You're seeing the difference between the normalized and denormalized minimum. The problem is that due to the way the significand is used it is possible to make a larger negative exponent than a positive one, say the bit pattern of the significand is all zeros except the last bit, which is one, then the exponent is effectively lowered by the number of bits in the significand. For the maximum you cannot do this, even if you set the significand to all ones, the effective exponent will still only be the exponent that is given. i.e. think of the difference between 0.000001e-10 and 9.999999e+10, the first is much smaller than the second is big. The first is actually 1e-16 while the second is approx 1e+11.
It depends on the precision of the floating point number of course. In the case of double precision, the difference between the maximum and the next smaller value is already huge, (along the lines of 10^292,) so your rounding errors will be very big. If the value is too small you will simply get inf instead, as you already saw. Really, there is no strict answer, it depends entirely on the precision of numbers you need. Given that the rounding error is approx epsilon*magnitude, the reciprocal of (1/epsilon) already has a rounding error of around 1.0 if you need numbers to be accurate to 1e-3 then even epsilon would be too big to divide by.

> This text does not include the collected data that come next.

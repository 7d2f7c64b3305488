// The laws of the definitions: each is the contract of a function without arguments and with an empty body.

ghost use Rattle.std.specs.Prelude.{◌≡◌, true, List};
ghost use Rattle.tptp_token.specs.Lexemes.{Lexeme};
ghost use Rattle.typed_tree.specs.TypedEntries.{TypedPhrase, is_right_typed, typed_lexemes};
ghost use Rattle.typed_tree.specs.Examples.{FormulaTokens, FormulaMeaning, FormulaPlaces, FormulaCauses, FormulaTooDeep, DeclarationTokens, DeclarationMeaning, DeclarationCauses, SortDeclaration, SortlessVariable, TypeIsNoRole, MixedWord, LeftOutWord, PolymorphicType, LeftOutSort, SameTypes, OtherTypes, FormulaSize};

/// Tokens begin with at most one entry.
pub fn one_typed_phrase()
    ensures { (p q : TypedPhrase) (rest more : List Lexeme) → is_right_typed p ≡ true → is_right_typed q ≡ true
        → typed_lexemes p rest ≡ typed_lexemes q more → (p ≡ q) × (rest ≡ more) }
{}

/// Worked examples of entries: their tokens, their contents, and the causes for which their tokens are refused.
pub fn typed_entry_examples()
    ensures formula_tokens { FormulaTokens }
    ensures formula_meaning { FormulaMeaning }
    ensures formula_places { FormulaPlaces }
    ensures formula_causes { FormulaCauses }
    ensures formula_too_deep { FormulaTooDeep }
    ensures declaration_tokens { DeclarationTokens }
    ensures declaration_meaning { DeclarationMeaning }
    ensures declaration_causes { DeclarationCauses }
    ensures sort_declaration { SortDeclaration }
    ensures sortless_variable { SortlessVariable }
    ensures type_is_no_role { TypeIsNoRole }
{}

/// Worked examples of tokens that end the reading of an entry.
pub fn typed_answer_examples()
    ensures mixed { MixedWord }
    ensures left_out { LeftOutWord }
    ensures polymorphic { PolymorphicType }
    ensures left_out_sort { LeftOutSort }
{}

/// Worked examples of types and sizes.
pub fn typed_tree_examples()
    ensures same { SameTypes }
    ensures other { OtherTypes }
    ensures size { FormulaSize }
{}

See these wikipedia pages on IEEE754 and Machine epsilon for some background info.
Epsilons are added to test equality between two values that should be equal, but aren't because of rounding errors. While you could use the smallest positive value for epsilon, it wouldn't be optimal, because it's simply too small. The rounding errors caused by floating point arithmetic almost always exceed that smallest value, so a larger epsilon is needed. How large depends on your desired accuracy.
I don't understand the question. Are the reciprocals useful for what? I can't think of any reason why they would be useful.
In general, dividing by very small values is a bad idea as it will cause very large rounding errors. I'm not sure what you mean by adding an upper bound. Just avoid dividing by small values wherever possible.